**What is being asked**
Return a copy of every line in the records that includes the word "Step".

**Data shown**
^^^^
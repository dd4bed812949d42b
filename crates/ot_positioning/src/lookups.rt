//! The lookups that position glyphs, applied to a text in the order of its plan.

ghost use Rattle.ot_positioning.specs.KernedByTable.{IsKernedByTable};
ghost use Rattle.ot_positioning.specs.Stays.{Stays};
ghost use Rattle.shaping_buffer.specs.State.{HasPositions};

use font_face::Face;
use font_functions::FontFunctions;
use font_variations::Deltas;
use glyph_digests::Digest;
use ot_attachments::position_start;
use ot_gpos::Setting;
use ot_gpos_tables::contour_points::{ContourPoint, ContourPoints};
use ot_gpos_tables::instance::Instance;
use ot_gpos_tables::kern_table::KernTable;
use ot_layout::{LookupOptions, Search};
use ot_map::{OtShapePlan, PlannedLookup};
use ot_plan::{Step, Watch, budget_of, options_of};
use rb_common::GlyphId;
use shaping_buffer::hb_buffer_t;
use std::alloc::AllocError;

/// The size and the variations at which a font is used, as its lookups ask for them.
fn instance_of<'a>(face: &'a Face) -> Instance<'a> {
    Instance {
        scale: face.scale,
        deltas: Deltas {
            store: face.variations.store,
            coordinates: face.coordinates(),
        },
    }
}

/// A font, as its lookups ask it for points of outlines.
#[derive(Drop)]
struct FontPoints<'a, F> {
    font: &'a F,
}

impl<F: FontFunctions> ContourPoints for FontPoints<'_, F> {
    fn contour_point(&self, glyph: u32, point: u16) -> Option<ContourPoint> {
        let glyph = GlyphId(u16::try_from(glyph).unwrap_or(0));
        let (x, y) = self.font.glyph_contour_point(glyph, point)?;
        Some(ContourPoint { x, y })
    }
}

/// Positions the glyphs by the lookups of `GPOS`, and by the table `kern` where `GPOS` does not kern.
#[tactic(auto, using(shaping_buffer::proofs::ClosedKeepsLemmas::kept))]
pub(crate) fn position_by_lookups<F: FontFunctions, W: Watch>(
    buffer: &mut hb_buffer_t,
    face: &Face,
    font: &F,
    plan: &OtShapePlan,
    watch: &mut W,
) -> Result<(), AllocError>
    requires placed { HasPositions buffer.old }
    ensures stays { Stays buffer.old buffer.new }
{
    position_start(buffer);
    apply_positions(buffer, face, font, lookups_of(plan), watch)?;
    kern_by_table(buffer, face, plan, watch)
}

/// The lookups of `GPOS`, where the plan has them.
fn lookups_of(plan: &OtShapePlan) -> &[PlannedLookup] {
    if plan.apply_gpos {
        plan.layout.gpos_lookups.as_slice()
    } else {
        &[]
    }
}

/// Kerns by the table `kern`, where the plan has it.
#[tactic(auto, using(shaping_buffer::proofs::ClosedKeepsLemmas::kept))]
fn kern_by_table<W: Watch>(
    buffer: &mut hb_buffer_t,
    face: &Face,
    plan: &OtShapePlan,
    watch: &mut W,
) -> Result<(), AllocError>
    requires placed { HasPositions buffer.old }
    ensures stays { Stays buffer.old buffer.new }
{
    if plan.apply_kern {
        apply_kern(buffer, face, plan.kern_mask);
        watch.step(Step::Kerned, buffer)?;
    }
    Ok(())
}

/// Applies lookups of `GPOS`.
#[tactic(auto, using(shaping_buffer::proofs::ClosedKeepsLemmas::kept))]
fn apply_positions<F: FontFunctions, W: Watch>(
    buffer: &mut hb_buffer_t,
    face: &Face,
    font: &F,
    lookups: &[PlannedLookup],
    watch: &mut W,
) -> Result<(), AllocError>
    requires placed { HasPositions buffer.old }
    ensures stays { Stays buffer.old buffer.new }
{
    if lookups.is_empty() {
        return Ok(());
    }
    let points = FontPoints { font };
    let setting = Setting {
        list: &face.lookups.positions,
        instance: instance_of(face),
        points: &points,
    };
    let mut search = Search::new(budget_of(buffer));
    let glyphs = Digest::of_glyphs(buffer.info());
    for planned in lookups {
        apply_planned(buffer, &setting, planned, &glyphs, &mut search, watch)?;
    }
    Ok(())
}

/// Applies a lookup of `GPOS` of the plan, where it may be for one of the glyphs.
#[tactic(auto, using(shaping_buffer::proofs::ClosedKeepsLemmas::kept))]
fn apply_planned<F: FontFunctions, W: Watch>(
    buffer: &mut hb_buffer_t,
    setting: &Setting<FontPoints<F>>,
    planned: &PlannedLookup,
    glyphs: &Digest,
    search: &mut Search,
    watch: &mut W,
) -> Result<(), AllocError>
    requires placed { HasPositions buffer.old }
    ensures stays { Stays buffer.old buffer.new }
{
    if !setting.list.may_apply(planned.index, glyphs) {
        return Ok(());
    }
    let options = options_of(planned);
    ot_gpos::position(buffer, setting, planned.index, &options, search);
    watch.step(Step::Positioned(planned.index), buffer)
}

/// Kerns by the table `kern`.
#[tactic(auto, using(shaping_buffer::proofs::ClosedKeepsLemmas::kept))]
fn apply_kern(buffer: &mut hb_buffer_t, face: &Face, mask: u32)
    requires placed { HasPositions buffer.old }
    ensures kerned { IsKernedByTable face.now mask buffer.old buffer.new }
    ensures stays { Stays buffer.old buffer.new }
{
    let options = LookupOptions {
        mask,
        auto_zwnj: true,
        auto_zwj: true,
        per_syllable: false,
        random: false,
    };
    let table = KernTable::new(face.layout.kern);
    ot_kern::kern(buffer, &table, &face.scale, &options);
}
^^^^
**Solution for this problem**
use ot_plan::{Step, Watch, budget_of, options_of};
        watch.step(Step::Kerned, buffer)?;
    watch.step(Step::Positioned(planned.index), buffer)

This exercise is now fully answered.